Related article: THC and CBD, and the Entourage Effect!

Taking too much CBD probably won't mess you up too badly. You might feel queasy, get a rash, or just want to nap. Some folks even had issues with their liver after using a lot of CBD for a while. Oh, and CBD can mess with certain medications, so it's wise to talk to your doctor before mixing them.

How Much Marijuana Is Safe?

Now, the right amount of marijuana varies from person to person. It depends on how experienced you are with it, how often you use it, and other stuff. What's a good dose for a daily user might be way too much for someone trying it for the first time.

But if you're looking for some ballpark figures, researchers say 5 mg of THC is a standard unit. But experts suggest starting with just half of that – around 2.5 mg – and not going over 40 mg in a day. It's kinda hard to measure the exact dose, so better safe than sorry.

Tips for Keeping Your Marijuana Experience in Check

When you're trying to keep your THC intake in check, start small and work your way up. Remember, there's no quick fix if you've had too much, so it's better to take a little bit at a time instead of diving in headfirst.

If you're munching on edibles, kick things off with 2.5 mg of THC. First-timers might want to stick to 1 mg to 2.5 mg of THC in edibles, drinks, or tinctures. If you're not feeling it, wait around 3 hours before taking more. If you're smoking or vaping, go for a low-THC option or something with more CBD. Start with a single puff, and wait at least 15 minutes before going for another.

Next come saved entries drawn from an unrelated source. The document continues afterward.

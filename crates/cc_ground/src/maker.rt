//! Makes the nodes of terms, in one list that grows.
ghost use Rattle.std.specs.Prelude.{◌≡◌, ◌∷◌, ◌++◌, ◌+◌, ◌<◌, [], ℕ, length, map, position, nat_eq, OnOk, IfErr, IfOk};
ghost use Rattle.cc_defs.specs.Terms.{all_of, postfix, postfixes, operand_count, operands_behind, nothing};
ghost use Rattle.cc_defs.specs.Terms as terms;
ghost use Rattle.cc_defs.specs.Resolved.{plain_formula, plain_term};
ghost use Rattle.cc_defs.specs.Resolved as resolved;
ghost use Rattle.cc_defs.specs.Nodes.{nodes_of};
ghost use Rattle.cc_defs.specs.Nodes as words;
ghost use Rattle.cc_defs.specs.Universe.{objects_of as objects_in};
ghost use Rattle.cc_defs.specs.Satisfaction.{bind};
ghost use Rattle.cc_ground.specs.Bindings.{environment_of, no_bindings};
ghost use Rattle.cc_ground.specs.Views.{HasPut, IsLike, LacksRoom, fault_by, plain_side, universe_in};

use crate::bindings::Bindings;
use crate::outermost::{joining_node, sign_in};
use crate::pieces::{Sign, has_sum};
use crate::sides::{Side, term_side};
use crate::values::{index_in, objects_of};
use cc_arena::Terms;
use cc_defs::{Fault, Formula, LimitAt, Node, OutOfMemory, Refusal, Sig, Term};
use cc_sorts::Table;
use std::alloc::{AllocFailed, Global};

/// Why nodes are not made.
#[derive(Clone, Copy)]
pub(crate) enum Halt {
    /// There would be more of them than the limit.
    Full,
    OutOfMemory,
}

impl<T: Drop> From<AllocFailed<T>> for Halt {
    ghost use Rattle.std.specs.Prelude.{◌≡◌};
    ghost use Rattle.cc_ground.specs.declared.maker.Halt.TheVariants as halts;

    ghost from_gives = { λ _ halt. halt ≡ halts.OutOfMemory };

    fn from(_: AllocFailed<T>) -> Self {
        Halt::OutOfMemory
    }
}

impl From<OutOfMemory> for Halt {
    ghost use Rattle.std.specs.Prelude.{◌≡◌};
    ghost use Rattle.cc_ground.specs.declared.maker.Halt.TheVariants as halts;

    ghost from_gives = { λ _ halt. halt ≡ halts.OutOfMemory };

    fn from(_: OutOfMemory) -> Self {
        Halt::OutOfMemory
    }
}

/// The fault by which a call ends that stopped making nodes.
pub(crate) fn fault_of(halt: Halt) -> Fault
    ensures { result ≡ fault_by halt }
{
    match halt {
        Halt::Full => Fault::Refused(Refusal::past(LimitAt::GroundNodes)),
        Halt::OutOfMemory => Fault::OutOfMemory,
    }
}

/// A number of 32 bits. What would be larger does not fit in memory.
pub(crate) fn narrow(number: usize) -> Result<u32, OutOfMemory>
    ensures { IfOk result (λ narrow. narrow ≡ number) }
{
    u32::try_from(number).map_err(|_| OutOfMemory)
}

/// Makes the nodes of terms.
pub(crate) struct Maker<'t> {
    pub(crate) table: &'t Table,
    pub(crate) sig: &'t Sig,
    /// What the variables stand for.
    pub(crate) env: Bindings,
    /// The nodes of the term that is being made.
    pub(crate) nodes: Vec<Node>,
    /// How many nodes may still be made.
    pub(crate) room: usize,
}

// By hand, so that whoever lets one go has one call there, and not a drop for each field.
impl<'t> Drop for Maker<'t> {
    fn drop(self) {
        let Maker {
            table: _,
            sig: _,
            env: _,
            nodes: _,
            room: _,
        } = self;
    }
}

Related article: Beginner’s Guide to Consuming Cannabis - 8 Tips to Elevate Your Experience

And here's the deal – if you start feeling any of those funky effects we talked about earlier, especially the overdose signs, it's a good idea to ease off.

Final Thoughts

Yes, you can technically overdose on marijuana, but it's not usually a big deal. If it does happen, just ride it out. Paying attention to how much THC you're taking can help you steer clear of any trouble. Experts recommend starting with 1 mg to 2.5 mg for edibles and a small puff of a low-THC product if you're smoking.

Remember, if you're struggling with using substances, there's help out there. You can reach out to SAMHSA's National Helpline at 1-800-662-HELP (4357) to find resources in your area.

And don't forget, the regulations about marijuana can be different depending on where you live. Some places say it's okay for recreational or medical purposes, but others still don't give it the green light. Make sure you know the laws in your neck of the woods before you spark up.